(Data to process)
==============================

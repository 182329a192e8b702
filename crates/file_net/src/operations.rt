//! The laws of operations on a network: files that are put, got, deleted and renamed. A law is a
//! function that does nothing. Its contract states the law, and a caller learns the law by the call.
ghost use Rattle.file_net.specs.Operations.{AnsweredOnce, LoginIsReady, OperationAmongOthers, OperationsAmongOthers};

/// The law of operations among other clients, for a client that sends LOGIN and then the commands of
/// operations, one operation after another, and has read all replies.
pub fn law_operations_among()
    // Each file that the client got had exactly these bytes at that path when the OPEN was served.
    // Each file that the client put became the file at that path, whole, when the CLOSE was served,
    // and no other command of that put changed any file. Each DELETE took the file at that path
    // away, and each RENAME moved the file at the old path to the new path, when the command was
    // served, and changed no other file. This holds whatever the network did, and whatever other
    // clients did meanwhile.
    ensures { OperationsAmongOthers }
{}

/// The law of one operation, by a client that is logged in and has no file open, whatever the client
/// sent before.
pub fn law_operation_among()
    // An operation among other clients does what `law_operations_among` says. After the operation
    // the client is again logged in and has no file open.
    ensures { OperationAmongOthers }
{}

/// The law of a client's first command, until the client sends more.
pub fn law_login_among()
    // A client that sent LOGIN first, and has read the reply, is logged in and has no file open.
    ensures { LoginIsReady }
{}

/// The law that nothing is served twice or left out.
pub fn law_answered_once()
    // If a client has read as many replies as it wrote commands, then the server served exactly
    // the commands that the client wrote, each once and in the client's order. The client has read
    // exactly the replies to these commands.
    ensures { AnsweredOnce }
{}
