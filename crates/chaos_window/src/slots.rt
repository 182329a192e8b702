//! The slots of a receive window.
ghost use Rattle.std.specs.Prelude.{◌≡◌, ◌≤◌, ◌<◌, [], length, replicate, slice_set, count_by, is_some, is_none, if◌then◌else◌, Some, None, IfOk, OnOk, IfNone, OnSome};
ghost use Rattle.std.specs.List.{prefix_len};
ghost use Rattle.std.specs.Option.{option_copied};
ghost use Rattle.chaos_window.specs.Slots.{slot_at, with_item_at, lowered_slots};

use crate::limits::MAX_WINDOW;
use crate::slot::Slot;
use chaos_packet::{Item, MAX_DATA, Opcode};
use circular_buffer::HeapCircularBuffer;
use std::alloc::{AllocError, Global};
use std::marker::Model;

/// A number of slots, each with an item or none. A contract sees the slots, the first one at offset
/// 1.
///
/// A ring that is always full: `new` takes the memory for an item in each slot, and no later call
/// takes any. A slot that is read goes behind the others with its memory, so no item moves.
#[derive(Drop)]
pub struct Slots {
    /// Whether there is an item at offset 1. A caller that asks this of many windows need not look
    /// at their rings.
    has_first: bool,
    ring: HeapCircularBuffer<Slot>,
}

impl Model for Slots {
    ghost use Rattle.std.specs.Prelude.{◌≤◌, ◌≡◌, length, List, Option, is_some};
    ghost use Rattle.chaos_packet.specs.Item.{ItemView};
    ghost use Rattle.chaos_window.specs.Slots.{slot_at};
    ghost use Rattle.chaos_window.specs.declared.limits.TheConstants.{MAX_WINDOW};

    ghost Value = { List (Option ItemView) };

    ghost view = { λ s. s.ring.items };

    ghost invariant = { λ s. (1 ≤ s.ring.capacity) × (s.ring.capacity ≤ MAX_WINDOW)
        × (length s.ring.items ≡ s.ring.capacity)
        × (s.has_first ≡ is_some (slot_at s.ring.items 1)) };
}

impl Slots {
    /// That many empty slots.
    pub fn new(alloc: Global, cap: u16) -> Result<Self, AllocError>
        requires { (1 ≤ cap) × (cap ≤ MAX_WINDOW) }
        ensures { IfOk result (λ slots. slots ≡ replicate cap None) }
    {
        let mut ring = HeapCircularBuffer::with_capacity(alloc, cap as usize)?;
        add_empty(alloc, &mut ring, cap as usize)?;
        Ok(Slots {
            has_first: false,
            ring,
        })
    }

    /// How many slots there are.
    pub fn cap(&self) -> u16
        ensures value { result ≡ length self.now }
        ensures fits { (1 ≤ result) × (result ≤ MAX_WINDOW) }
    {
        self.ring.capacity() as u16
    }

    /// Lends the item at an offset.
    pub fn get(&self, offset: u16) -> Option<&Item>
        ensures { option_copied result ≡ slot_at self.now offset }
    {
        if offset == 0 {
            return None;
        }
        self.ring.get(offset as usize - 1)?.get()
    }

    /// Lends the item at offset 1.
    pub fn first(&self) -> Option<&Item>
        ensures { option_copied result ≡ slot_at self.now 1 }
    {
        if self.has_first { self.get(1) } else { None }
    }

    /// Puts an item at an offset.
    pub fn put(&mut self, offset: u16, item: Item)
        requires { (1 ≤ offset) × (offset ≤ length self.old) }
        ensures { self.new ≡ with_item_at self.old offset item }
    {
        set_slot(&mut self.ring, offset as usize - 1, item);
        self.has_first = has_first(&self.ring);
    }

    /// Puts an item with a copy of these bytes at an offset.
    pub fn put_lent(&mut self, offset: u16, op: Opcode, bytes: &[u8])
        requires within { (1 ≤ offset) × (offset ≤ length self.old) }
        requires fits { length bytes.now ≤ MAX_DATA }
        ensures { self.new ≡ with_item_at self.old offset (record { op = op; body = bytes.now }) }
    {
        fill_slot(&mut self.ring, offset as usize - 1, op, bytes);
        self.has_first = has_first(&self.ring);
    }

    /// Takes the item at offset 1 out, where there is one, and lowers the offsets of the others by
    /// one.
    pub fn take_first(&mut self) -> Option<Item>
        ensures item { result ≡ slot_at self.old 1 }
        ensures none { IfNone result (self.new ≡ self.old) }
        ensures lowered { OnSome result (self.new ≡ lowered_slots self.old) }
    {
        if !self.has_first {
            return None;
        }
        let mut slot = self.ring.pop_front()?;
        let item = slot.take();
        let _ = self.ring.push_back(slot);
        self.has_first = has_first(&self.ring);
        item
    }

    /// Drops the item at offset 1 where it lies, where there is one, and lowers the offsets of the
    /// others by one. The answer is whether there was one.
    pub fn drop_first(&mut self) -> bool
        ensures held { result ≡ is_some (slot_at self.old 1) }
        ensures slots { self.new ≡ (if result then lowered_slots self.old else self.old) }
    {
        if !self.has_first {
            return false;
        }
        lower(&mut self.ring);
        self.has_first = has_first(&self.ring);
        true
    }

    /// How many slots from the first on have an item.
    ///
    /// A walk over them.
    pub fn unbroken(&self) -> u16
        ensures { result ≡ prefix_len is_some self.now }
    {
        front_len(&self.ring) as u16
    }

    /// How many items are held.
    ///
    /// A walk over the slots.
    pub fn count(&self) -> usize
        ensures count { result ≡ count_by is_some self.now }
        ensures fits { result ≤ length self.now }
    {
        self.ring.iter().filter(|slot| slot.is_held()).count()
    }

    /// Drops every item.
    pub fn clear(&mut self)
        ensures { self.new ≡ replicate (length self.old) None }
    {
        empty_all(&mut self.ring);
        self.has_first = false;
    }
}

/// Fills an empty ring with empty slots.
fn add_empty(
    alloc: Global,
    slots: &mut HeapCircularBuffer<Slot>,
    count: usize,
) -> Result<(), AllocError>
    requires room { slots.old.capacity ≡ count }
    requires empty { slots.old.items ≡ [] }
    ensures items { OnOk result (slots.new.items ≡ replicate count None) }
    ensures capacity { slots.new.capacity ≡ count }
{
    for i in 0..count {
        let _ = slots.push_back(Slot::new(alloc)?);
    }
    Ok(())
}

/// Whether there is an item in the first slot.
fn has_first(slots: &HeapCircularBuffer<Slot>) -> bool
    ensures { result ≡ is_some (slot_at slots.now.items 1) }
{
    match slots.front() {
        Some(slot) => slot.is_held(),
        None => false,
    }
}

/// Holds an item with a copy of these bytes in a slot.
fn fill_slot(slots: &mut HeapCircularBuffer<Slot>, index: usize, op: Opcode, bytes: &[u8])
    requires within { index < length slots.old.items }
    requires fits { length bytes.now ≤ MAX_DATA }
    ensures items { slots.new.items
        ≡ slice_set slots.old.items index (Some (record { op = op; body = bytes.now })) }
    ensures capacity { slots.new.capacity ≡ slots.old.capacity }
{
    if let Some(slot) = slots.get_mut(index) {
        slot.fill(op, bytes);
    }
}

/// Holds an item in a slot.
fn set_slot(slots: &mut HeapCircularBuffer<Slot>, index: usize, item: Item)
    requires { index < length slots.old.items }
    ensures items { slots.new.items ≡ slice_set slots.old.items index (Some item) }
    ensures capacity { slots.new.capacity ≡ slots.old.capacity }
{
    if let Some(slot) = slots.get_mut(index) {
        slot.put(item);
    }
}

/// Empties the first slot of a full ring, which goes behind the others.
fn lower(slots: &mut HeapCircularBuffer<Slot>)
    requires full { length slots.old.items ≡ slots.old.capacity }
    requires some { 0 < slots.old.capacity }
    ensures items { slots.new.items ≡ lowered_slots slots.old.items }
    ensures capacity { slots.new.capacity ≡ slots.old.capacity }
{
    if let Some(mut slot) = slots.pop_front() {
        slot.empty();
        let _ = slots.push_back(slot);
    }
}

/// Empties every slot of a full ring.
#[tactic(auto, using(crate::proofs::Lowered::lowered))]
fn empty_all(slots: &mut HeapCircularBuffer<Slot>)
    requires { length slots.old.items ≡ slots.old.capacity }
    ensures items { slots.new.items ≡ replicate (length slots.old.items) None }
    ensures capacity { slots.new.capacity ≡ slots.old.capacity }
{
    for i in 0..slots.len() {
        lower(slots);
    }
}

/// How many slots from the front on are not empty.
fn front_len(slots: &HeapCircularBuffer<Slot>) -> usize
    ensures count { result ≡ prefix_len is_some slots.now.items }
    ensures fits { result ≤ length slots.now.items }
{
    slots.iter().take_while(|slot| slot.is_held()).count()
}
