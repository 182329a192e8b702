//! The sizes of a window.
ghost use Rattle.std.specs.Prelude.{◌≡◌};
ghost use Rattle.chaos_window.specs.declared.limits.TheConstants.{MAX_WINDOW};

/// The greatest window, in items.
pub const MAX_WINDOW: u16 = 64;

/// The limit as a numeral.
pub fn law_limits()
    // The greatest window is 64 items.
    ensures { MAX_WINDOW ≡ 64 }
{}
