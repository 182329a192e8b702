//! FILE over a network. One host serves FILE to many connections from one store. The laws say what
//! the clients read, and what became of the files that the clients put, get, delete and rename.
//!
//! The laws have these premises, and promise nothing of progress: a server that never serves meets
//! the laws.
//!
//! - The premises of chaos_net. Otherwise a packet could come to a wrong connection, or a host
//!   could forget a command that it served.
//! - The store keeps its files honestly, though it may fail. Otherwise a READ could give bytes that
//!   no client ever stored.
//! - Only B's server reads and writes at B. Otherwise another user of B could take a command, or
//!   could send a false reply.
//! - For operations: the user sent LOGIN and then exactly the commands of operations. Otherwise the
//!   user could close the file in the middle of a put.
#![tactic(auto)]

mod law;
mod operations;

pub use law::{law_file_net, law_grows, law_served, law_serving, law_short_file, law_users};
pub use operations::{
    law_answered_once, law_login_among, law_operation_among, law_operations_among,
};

==============================

(Exercise directions) Lines that hold the word "became" are the ones to copy from the entries above.

(Result)
    // Each file that the client put became the file at that path, whole, when the CLOSE was served,
//! the clients read, and what became of the files that the clients put, get, delete and rename.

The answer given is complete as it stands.